### [ABOUT THIS TASK]
Find the line with "repository 4c1b664ba0e666fa" in the entries below. Repeat it, every following line, and the line with "if let SyntaxFaultKind::OutOfMemory", exactly and with nothing added.

### [INPUT FOR THIS TASK]
——————————
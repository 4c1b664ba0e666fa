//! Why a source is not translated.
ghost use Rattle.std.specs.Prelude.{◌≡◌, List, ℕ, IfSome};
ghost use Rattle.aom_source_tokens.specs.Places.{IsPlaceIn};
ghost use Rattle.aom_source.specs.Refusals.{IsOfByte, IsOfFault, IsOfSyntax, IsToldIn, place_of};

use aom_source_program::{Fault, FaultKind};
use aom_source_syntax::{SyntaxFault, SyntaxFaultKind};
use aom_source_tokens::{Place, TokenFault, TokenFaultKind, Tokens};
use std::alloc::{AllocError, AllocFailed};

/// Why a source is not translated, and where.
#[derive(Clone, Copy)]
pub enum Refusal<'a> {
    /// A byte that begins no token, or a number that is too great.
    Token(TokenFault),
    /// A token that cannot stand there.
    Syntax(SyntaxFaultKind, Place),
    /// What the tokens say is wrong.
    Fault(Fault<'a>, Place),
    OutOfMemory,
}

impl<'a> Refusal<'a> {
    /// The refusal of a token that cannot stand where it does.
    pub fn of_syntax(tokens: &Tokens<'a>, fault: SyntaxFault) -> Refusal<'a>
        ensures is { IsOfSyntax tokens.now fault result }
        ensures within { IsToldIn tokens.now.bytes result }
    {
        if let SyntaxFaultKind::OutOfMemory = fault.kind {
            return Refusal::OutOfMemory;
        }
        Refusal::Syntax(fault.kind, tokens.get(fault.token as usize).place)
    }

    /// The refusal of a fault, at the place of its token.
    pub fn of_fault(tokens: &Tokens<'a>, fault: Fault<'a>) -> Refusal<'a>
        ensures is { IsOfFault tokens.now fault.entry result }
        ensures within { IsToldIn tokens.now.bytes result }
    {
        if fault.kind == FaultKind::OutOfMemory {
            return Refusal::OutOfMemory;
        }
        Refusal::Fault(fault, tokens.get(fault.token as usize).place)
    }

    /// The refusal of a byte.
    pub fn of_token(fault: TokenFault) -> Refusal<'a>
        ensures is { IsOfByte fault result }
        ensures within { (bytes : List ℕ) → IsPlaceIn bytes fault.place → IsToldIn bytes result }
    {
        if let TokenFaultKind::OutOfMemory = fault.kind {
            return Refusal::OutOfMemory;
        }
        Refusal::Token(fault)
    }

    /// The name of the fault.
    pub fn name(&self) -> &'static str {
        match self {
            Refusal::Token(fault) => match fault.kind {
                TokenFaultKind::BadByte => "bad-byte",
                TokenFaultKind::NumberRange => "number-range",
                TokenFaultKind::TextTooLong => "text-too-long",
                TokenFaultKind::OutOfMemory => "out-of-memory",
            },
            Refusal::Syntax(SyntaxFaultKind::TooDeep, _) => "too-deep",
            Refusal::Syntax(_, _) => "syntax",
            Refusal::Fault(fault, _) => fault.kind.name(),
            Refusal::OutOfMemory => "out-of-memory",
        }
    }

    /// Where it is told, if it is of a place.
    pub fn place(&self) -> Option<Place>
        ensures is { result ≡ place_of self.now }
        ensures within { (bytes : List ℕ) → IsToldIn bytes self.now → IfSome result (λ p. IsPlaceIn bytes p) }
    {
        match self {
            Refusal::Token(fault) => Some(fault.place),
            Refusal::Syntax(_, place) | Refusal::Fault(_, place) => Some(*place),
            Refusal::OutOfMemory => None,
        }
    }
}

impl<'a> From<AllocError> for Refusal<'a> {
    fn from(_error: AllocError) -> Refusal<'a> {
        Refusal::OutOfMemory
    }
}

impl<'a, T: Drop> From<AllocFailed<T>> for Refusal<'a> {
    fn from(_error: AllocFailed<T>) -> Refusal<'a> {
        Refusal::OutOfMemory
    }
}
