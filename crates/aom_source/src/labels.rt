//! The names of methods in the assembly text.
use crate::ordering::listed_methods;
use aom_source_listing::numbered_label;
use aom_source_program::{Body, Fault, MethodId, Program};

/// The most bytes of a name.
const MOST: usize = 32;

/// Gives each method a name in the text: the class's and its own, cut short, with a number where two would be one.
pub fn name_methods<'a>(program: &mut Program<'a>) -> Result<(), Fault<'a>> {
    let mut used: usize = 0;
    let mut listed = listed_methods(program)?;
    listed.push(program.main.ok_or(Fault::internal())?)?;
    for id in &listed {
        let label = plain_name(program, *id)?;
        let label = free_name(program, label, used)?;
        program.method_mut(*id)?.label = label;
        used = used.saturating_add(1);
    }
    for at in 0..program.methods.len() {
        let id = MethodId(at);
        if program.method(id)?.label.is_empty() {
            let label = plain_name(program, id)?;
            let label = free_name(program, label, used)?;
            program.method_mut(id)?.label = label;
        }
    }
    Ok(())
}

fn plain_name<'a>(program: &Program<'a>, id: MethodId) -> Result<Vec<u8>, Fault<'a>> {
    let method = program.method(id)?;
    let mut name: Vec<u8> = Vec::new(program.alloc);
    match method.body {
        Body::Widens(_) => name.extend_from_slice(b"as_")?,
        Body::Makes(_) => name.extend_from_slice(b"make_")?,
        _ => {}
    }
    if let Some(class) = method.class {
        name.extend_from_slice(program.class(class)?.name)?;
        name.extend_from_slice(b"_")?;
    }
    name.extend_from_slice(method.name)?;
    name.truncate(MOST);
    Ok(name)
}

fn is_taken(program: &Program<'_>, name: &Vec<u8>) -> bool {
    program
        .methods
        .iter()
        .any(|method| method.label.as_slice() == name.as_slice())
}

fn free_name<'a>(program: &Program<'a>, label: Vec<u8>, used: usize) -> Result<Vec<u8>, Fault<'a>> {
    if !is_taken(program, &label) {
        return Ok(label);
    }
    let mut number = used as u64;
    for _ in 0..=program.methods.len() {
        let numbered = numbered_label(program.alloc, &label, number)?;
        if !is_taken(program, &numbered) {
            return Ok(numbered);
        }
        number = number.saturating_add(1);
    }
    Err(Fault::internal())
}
——————————
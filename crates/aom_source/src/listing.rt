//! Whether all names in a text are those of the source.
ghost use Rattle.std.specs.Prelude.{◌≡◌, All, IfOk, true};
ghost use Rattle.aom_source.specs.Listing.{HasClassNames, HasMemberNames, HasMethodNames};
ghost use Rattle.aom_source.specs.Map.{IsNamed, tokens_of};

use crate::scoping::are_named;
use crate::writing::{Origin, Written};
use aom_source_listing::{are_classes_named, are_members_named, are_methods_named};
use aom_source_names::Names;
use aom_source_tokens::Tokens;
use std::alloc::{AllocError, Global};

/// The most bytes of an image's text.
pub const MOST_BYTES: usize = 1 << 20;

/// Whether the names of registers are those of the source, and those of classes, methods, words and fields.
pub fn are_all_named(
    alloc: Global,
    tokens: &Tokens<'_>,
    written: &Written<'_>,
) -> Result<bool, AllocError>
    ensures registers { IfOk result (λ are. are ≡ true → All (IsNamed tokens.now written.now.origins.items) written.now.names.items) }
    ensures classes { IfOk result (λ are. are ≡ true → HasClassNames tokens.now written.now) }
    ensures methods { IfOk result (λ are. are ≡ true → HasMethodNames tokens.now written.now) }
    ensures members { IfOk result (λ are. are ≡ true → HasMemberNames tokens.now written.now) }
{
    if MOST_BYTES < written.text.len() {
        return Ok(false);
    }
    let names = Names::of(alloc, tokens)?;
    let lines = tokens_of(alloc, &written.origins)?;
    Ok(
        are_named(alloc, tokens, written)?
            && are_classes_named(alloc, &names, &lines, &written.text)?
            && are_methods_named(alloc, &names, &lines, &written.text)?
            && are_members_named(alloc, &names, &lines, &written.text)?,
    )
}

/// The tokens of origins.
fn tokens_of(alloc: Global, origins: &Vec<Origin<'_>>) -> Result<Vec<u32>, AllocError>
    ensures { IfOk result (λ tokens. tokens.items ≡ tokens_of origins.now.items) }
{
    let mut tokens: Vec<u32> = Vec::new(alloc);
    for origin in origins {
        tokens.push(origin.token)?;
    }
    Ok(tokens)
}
——————————
### [ANSWER FOR THIS EXERCISE]
repository 4c1b664ba0e666fa
//! Why a source is not translated.
ghost use Rattle.std.specs.Prelude.{◌≡◌, List, ℕ, IfSome};
ghost use Rattle.aom_source_tokens.specs.Places.{IsPlaceIn};
ghost use Rattle.aom_source.specs.Refusals.{IsOfByte, IsOfFault, IsOfSyntax, IsToldIn, place_of};

use aom_source_program::{Fault, FaultKind};
use aom_source_syntax::{SyntaxFault, SyntaxFaultKind};
use aom_source_tokens::{Place, TokenFault, TokenFaultKind, Tokens};
use std::alloc::{AllocError, AllocFailed};

/// Why a source is not translated, and where.
#[derive(Clone, Copy)]
pub enum Refusal<'a> {
    /// A byte that begins no token, or a number that is too great.
    Token(TokenFault),
    /// A token that cannot stand there.
    Syntax(SyntaxFaultKind, Place),
    /// What the tokens say is wrong.
    Fault(Fault<'a>, Place),
    OutOfMemory,
}

impl<'a> Refusal<'a> {
    /// The refusal of a token that cannot stand where it does.
    pub fn of_syntax(tokens: &Tokens<'a>, fault: SyntaxFault) -> Refusal<'a>
        ensures is { IsOfSyntax tokens.now fault result }
        ensures within { IsToldIn tokens.now.bytes result }
    {
        if let SyntaxFaultKind::OutOfMemory = fault.kind {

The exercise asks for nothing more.